The other sport film at the festival, ‘Blikk’ (part one of two apparently), was all about the public domain. In fact it was about a sports field, Melavöllurinn, that until Laugardalsvöllur was built was the headquarters for most Icelandic sports. There is a fascinating story to be told about this field, but somehow the film failed to tell it. The scenes from the old field were often very interesting, but the director failed to use them to build a coherent narrative. Worse, the film proved oddly male-dominated, because while those old pictures showed plenty of women and young girls, the film was constantly interrupted by old men reminiscing about past glories, and not until the very end was a woman interviewed. It must be said that women were underrepresented in most films at the festival, in other cases it could usually be excused because of the story being told but hardly in this case. However, the movie also followed the traces of Icelandic nationalism to our earliest sport heroes, a nationalism that has become bent and corrupt in the more modern films like “A9ainst”.
Finally I should mention ‘Paradox’, a film that in its own way captures Icelandic filmmaking history in a story of two generations. The first was a generation mostly without filmmakers, when Icelandic filmmaking was in its infancy—which was as late as the 1960s. Two Icelandic filmmakers arrive from Sweden to shoot a wordless film with newly graduated actors. But while they finish the shooting, they never get around to editing it and the film seems doomed to lay unfinished in its box forever. However, one of the main actors, Sigurður Skúlason, asks younger filmmakers for help in finishing the film. They agree to edit the old material—but the news stirs the old filmmakers from their slumber. They somehow, for reasons we never quite learn, never managed to make the film they dreamt about—and now some young Turks are stealing their thunder and making a film different to the one they had in mind. In a way you feel sorry for the old filmmakers that never got the same opportunities as their young counterparts, but at the same time you realise they already shot the movie, most of the work was done, yet they let it lay there all these years—which feels like a very typical Icelandic kind of neglect.
THE ETERNAL BATTLE
To answer the original question: did those films capture Iceland? Well, they captured important parts of it, sometimes parts we haven’t seen much of before. And the films were for the most part well done and honest in their intentions. But, rather typically, they mostly happened at the usual polar opposites of Icelandic society: the capital area and the countryside. “The Will To Live” (‘Lífsviljinn’), a short film about a young man who beats cancer, was the one exception I saw, since it took place in Egilsstaðir, but the towns of Iceland are hardly seen.

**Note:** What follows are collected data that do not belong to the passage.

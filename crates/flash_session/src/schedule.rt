//! Calls counted from 1, and the numbers of those that fail.

ghost use Rattle.std.specs.Prelude.{◌≡◌, ◌≤◌, ◌||◌, ◌==◌, false};
ghost use Rattle.std.specs.List.{list_any};
ghost use Rattle.std.specs.Bool.{OnTrue, OnFalse};
ghost use Rattle.flash_session.specs.Contents.{HasRisen};
ghost use Rattle.flash_session.specs.Flashes.{next_call};

#[derive(Debug, Drop)]
pub struct Schedule {
    pub fails: Vec<u64>,
    pub calls: u64,
    pub faults: u64,
}

impl Schedule {
    pub fn new(fails: Vec<u64>) -> Self
        ensures fails { result.fails.items ≡ fails.items }
        ensures start { (result.calls ≡ 0) × (result.faults ≡ 0) }
    {
        Schedule {
            fails,
            calls: 0,
            faults: 0,
        }
    }

    /// Counts a call, and a fault where it is listed or `full`; says whether it fails.
    pub fn fails_now(&mut self, full: bool) -> bool
        ensures exact { result ≡
            (full || list_any (λ n. n == next_call self.old.calls) self.old.fails.items) }
        ensures calls { self.new.calls ≡ next_call self.old.calls }
        ensures fails { self.new.fails.items ≡ self.old.fails.items }
        ensures risen { OnTrue result (HasRisen self.old.faults self.new.faults) }
        ensures room { OnFalse result (full ≡ false) }
        ensures same { OnFalse result (self.new.faults ≡ self.old.faults) }
        ensures kept { self.old.faults ≤ self.new.faults }
    {
        self.calls = self.calls.saturating_add(1);
        let fails = full || self.fails.contains(&self.calls);
        if fails {
            self.faults = self.faults.saturating_add(1);
        }
        fails
    }
}
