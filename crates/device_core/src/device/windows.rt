//! Class sessions of the device (TS005-1.0.0), and what it hears.

ghost use Rattle.std.specs.Prelude.{◌≡◌, ◌||◌, ◌*◌, ◌^◌, ◌<◌, ◌≤◌, length, is_none, IfSome};
ghost use Rattle.wire_base.specs.Numbers.{has_bit};
ghost use Rattle.package_grammar.specs.declared.command.Command.{Command};
ghost use Rattle.package_grammar.specs.declared.downlink.To.TheVariants.{Group};
ghost use Rattle.device_core.specs.SessionTable.{SessionTable};
ghost use Rattle.device_core.specs.ClassSessions.{start_of, class_session_after, session_answer, class_session_step, hears_unicast, is_open, hears};
ghost use Rattle.device_core.specs.Deliver.{via_of};
ghost use Rattle.device_core.specs.DeviceInside.{KindFits, SessionFits};
ghost use Rattle.device_core.specs.Sendable.{IsSendable};

use super::Device;
use crate::arrival::Arrival;
use crate::class_session::{ClassSession, Kind};
use crate::config::Class;
use cast_wire::Cmd;
use class_windows::{ClassA, ClassB, ClassC, session_answer};
use flash_session::Flash;
use frag_session::Via;
use package_grammar::{Command, To};

impl<F: Flash + Drop> Device<F> {
    ghost use Rattle.device_core.specs.HeldDevice.{device_of, StepsAside};

    /// Says whether a payload is heard.
    #[tactic(auto, unfolding(crate::specs::ClassSessions::hears))]
    pub(super) fn hears(&self, t: u64, to: To) -> bool
        ensures { (table : SessionTable) → result ≡ hears (device_of self.now table) t to }
    {
        match to {
            To::Unicast => hears_unicast(self.config.class, self.last_due, t),
            To::Group { addr, count } => self.hears_group(t, addr, count),
        }
    }

    /// Whether a payload for a group is heard.
    #[tactic(auto, unfolding(crate::specs::ClassSessions::hears))]
    fn hears_group(&self, t: u64, addr: u32, count: u32) -> bool
        ensures { (table : SessionTable)
            → result ≡ hears (device_of self.now table) t (Group addr count) }
    {
        match self.class_session {
            None => false,
            Some(session) => {
                self.groups.accepts(session.id, addr, count)
                    && is_open(session, self.clock.millis(t), addr)
            }
        }
    }

    /// McClassCSessionReq or McClassBSessionReq.
    pub(super) fn class_request(&mut self, here: Arrival, session: ClassSession, freq: u32, dr: u8)
        requires port { here.port ≡ 200 }
        requires id { session.id < 4 }
        requires timeout { session.timeout < 16 }
        requires kind { KindFits session.kind }
        requires room { length self.old.outbox < 8 }
        ensures { StepsAside self.old self.new 1
            (λ device. class_session_step here device session freq dr) }
    {
        let there = self.groups.get(session.id).is_some();
        let now = self.clock.now(here.moment.t);
        let start = start_of(session.kind, session.time);
        let (bits, start) = session_answer(there, now, start, freq, dr);
        self.class_session = class_session_after(bits, session, self.class_session);
        self.send(
            here.moment.t,
            here.port,
            request_answer(session.kind, session.id, bits, start),
        );
    }
}

/// When a session starts, in seconds of the device's clock.
fn start_of(kind: Kind, time: u32) -> u32
    ensures { result ≡ start_of kind time }
{
    match kind {
        Kind::ClassC => time,
        Kind::ClassB { .. } => time / 128 * 128,
    }
}

/// The class session of a device after a request.
fn class_session_after(
    bits: u8,
    session: ClassSession,
    old: Option<ClassSession>,
) -> Option<ClassSession>
    requires old { SessionFits old }
    requires id { session.id < 4 }
    requires timeout { session.timeout < 16 }
    requires kind { KindFits session.kind }
    ensures value { result ≡ class_session_after bits session old }
    ensures fits { SessionFits result }
{
    if bits == 0 { Some(session) } else { old }
}

/// McClassCSessionAns or McClassBSessionAns.
fn request_answer(kind: Kind, id: u8, bits: u8, start: Option<u32>) -> Command<'static>
    requires id { id < 4 }
    requires start { IfSome start (λ s. s < 2 ^ 24) }
    requires errors { is_none start ≡ (has_bit bits 4 || has_bit bits 3 || has_bit bits 2) }
    ensures value { result ≡ session_answer kind id bits start }
    ensures sendable { IsSendable 200 result }
{
    let undefined = bits >> 4 & 1 == 1;
    let freq_error = bits >> 3 & 1 == 1;
    let dr_error = bits >> 2 & 1 == 1;
    match kind {
        Kind::ClassC => Command::Cast(Cmd::McClassCSessionAns {
            id,
            undefined,
            freq_error,
            dr_error,
            start,
        }),
        Kind::ClassB { .. } => Command::Cast(Cmd::McClassBSessionAns {
            id,
            undefined,
            freq_error,
            dr_error,
            start,
        }),
    }
}

/// Whether a payload by unicast is heard.
fn hears_unicast(class: Class, last_due: Option<u64>, t: u64) -> bool
    ensures { result ≡ hears_unicast class last_due t }
{
    match class {
        Class::C => true,
        Class::A => {
            let windows = ClassA { last_due };
            windows.open_at(t)
        }
    }
}

/// Whether the window of a class session is open for an address.
fn is_open(session: ClassSession, device_ms: u64, addr: u32) -> bool
    requires ms { device_ms < 1000 * 2 ^ 32 }
    requires timeout { session.timeout < 16 }
    requires kind { KindFits session.kind }
    ensures { result ≡ is_open session session.kind device_ms addr }
{
    match session.kind {
        Kind::ClassC => {
            let windows = ClassC {
                session_time: session.time,
                timeout: session.timeout,
            };
            windows.open_at(device_ms)
        }
        Kind::ClassB { periodicity } => {
            let windows = ClassB {
                session_time: session.time,
                periodicity,
                timeout: session.timeout,
            };
            windows.open_at(device_ms, addr)
        }
    }
}

/// Returns the way that a payload comes.
pub fn via_of(session: Option<ClassSession>, to: To) -> Via
    ensures { result ≡ via_of session to }
{
    match (to, session) {
        (To::Group { .. }, Some(session)) => Via::Group(session.id),
        _ => Via::Unicast,
    }
}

And in the end, they didn’t show my Iceland, an Iceland I share with tens (if not hundreds) of thousands. Those of us who grew up outside of Reykjavík but emigrated there, either for school or work—or both. We’re usually caught in the firing line, because the debate in Icelandic society tends to be Reykjavík vs. the countryside. Just like the films, which usually focus on just one of those places, rarely both. And nobody bothers to ask us those two simple questions: “Why did you leave?” and “Why didn’t you come back?” But I do hope there is an able filmmaker out there asking those questions right now, because this is an Iceland we haven’t been able to capture yet. I don’t know if it would bring in the tourists, but it would help us locals revisit ourselves. Because while those two nations, rural and urban, keep telling their own stories, their common one is yet untold.